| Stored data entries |
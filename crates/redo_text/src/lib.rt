//! Archived logs as text: written from one, and shown as one, record by record.
#![tactic(auto)]

mod draft;
mod fault;
mod fault_line;
mod heading;
mod laws;
mod showing;
mod sizes;
mod streaming;
mod writing;

pub use fault::WriteFault;
pub use fault_line::{LogFault, show_fault};
pub use laws::{
    a_fault_is_shown_where_there_is_one, a_shown_log_is_said, a_spelled_log_is_shown,
    a_text_says_a_log, pieces_are_shown_as_one,
};
pub use redo_lines::{
    LineFault, ReadFault, a_printed_vector_is_read, note_vector, print_vector, read_vector,
};
pub use showing::{show_header, show_record};
pub use streaming::Shown;
pub use writing::write_log;
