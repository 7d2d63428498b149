//! The line that is shown where a log cannot be read on (specs/FaultLine.antt).
ghost use Rattle.std.specs.Prelude.{◌≡◌, ◌≤◌, ◌∷◌, ◌++◌, [], length, IfOk, OnOk, codes};
ghost use Rattle.std.specs.Fmt.{decimal};
ghost use Rattle.redo_text.specs.FaultLine.{fault_words, bytes_words, fault_line};

use redo_faults::{cut_word, head_word, vector_word};
use redo_lines::{decimal_of, joined, push_bytes, push_part, put_keyword, raw_literal};
use rl_value::{Bytes, CutFault, HeadFault, NoMemory, VecFault};
use std::alloc::Global;

/// Why a log cannot be read on.
#[derive(Clone, Copy, Debug, PartialEq, Eq)]
pub enum LogFault {
    /// The log's header has this fault.
    Head(HeadFault),
    /// The record cannot be cut off the log.
    Cut(CutFault),
    /// The record does not decode.
    Vector(VecFault),
}

fn put_fault(alloc: Global, words: &mut Vec<Bytes>, fault: LogFault) -> Result<(), NoMemory>
    ensures { OnOk result (words.new.items ≡ words.old.items ++ fault_words fault) }
{
    match fault {
        LogFault::Head(fault) => {
            put_keyword(alloc, words, b"HEADER")?;
            put_keyword(alloc, words, head_word(fault))
        }
        LogFault::Cut(fault) => put_keyword(alloc, words, cut_word(fault)),
        LogFault::Vector(fault) => put_keyword(alloc, words, vector_word(fault)),
    }
}

fn put_number(alloc: Global, words: &mut Vec<Bytes>, number: u64) -> Result<(), NoMemory>
    ensures { OnOk result (words.new.items ≡ words.old.items ++ decimal number ∷ []) }
{
    let number = decimal_of(alloc, number)?;
    push_part(words, number)
}

fn put_bytes(alloc: Global, words: &mut Vec<Bytes>, bytes: &[u8]) -> Result<(), NoMemory>
    requires { length bytes.now ≤ 30 }
    ensures { OnOk result (words.new.items ≡ words.old.items ++ bytes_words bytes.now) }
{
    match bytes {
        [] => Ok(()),
        [_, ..] => {
            let word = raw_literal(alloc, bytes)?;
            push_part(words, word)
        }
    }
}

fn put_place(alloc: Global, words: &mut Vec<Bytes>, at: u64, bytes: &[u8]) -> Result<(), NoMemory>
    requires { length bytes.now ≤ 30 }
    ensures { OnOk result (words.new.items ≡ words.old.items ++ decimal at ∷ bytes_words bytes.now) }
{
    put_number(alloc, words, at)?;
    put_bytes(alloc, words, bytes)
}

fn fault_words(
    alloc: Global,
    rec: u64,
    fault: LogFault,
    at: u64,
    bytes: &[u8],
) -> Result<Vec<Bytes>, NoMemory>
    requires { length bytes.now ≤ 30 }
    ensures { IfOk result (λ words. words.items
        ≡ codes "FAULT" ∷ decimal rec ∷ (fault_words fault ++ decimal at ∷ bytes_words bytes.now)) }
{
    let mut words = Vec::new(alloc);
    put_keyword(alloc, &mut words, b"FAULT")?;
    put_number(alloc, &mut words, rec)?;
    put_fault(alloc, &mut words, fault)?;
    put_place(alloc, &mut words, at, bytes)?;
    Ok(words)
}

/// The line of a fault of this record: why, at which offset in the log, and up to 30 bytes that stand there.
pub fn show_fault(
    alloc: Global,
    rec: u64,
    fault: LogFault,
    at: u64,
    bytes: &[u8],
) -> Result<Vec<u8>, NoMemory>
    requires few { length bytes.now ≤ 30 }
    ensures shown { IfOk result (λ line. line.items ≡ fault_line rec fault at bytes.now) }
{
    let words = fault_words(alloc, rec, fault, at, bytes)?;
    let mut line = joined(alloc, b' ', words.as_slice())?;
    push_bytes(&mut line, b"\n")?;
    Ok(line)
}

| Task requirements |
Please copy each line of the records above in which the word "FaultLine" can be found.

| Response area |
//! The line that is shown where a log cannot be read on (specs/FaultLine.antt).
ghost use Rattle.redo_text.specs.FaultLine.{fault_words, bytes_words, fault_line};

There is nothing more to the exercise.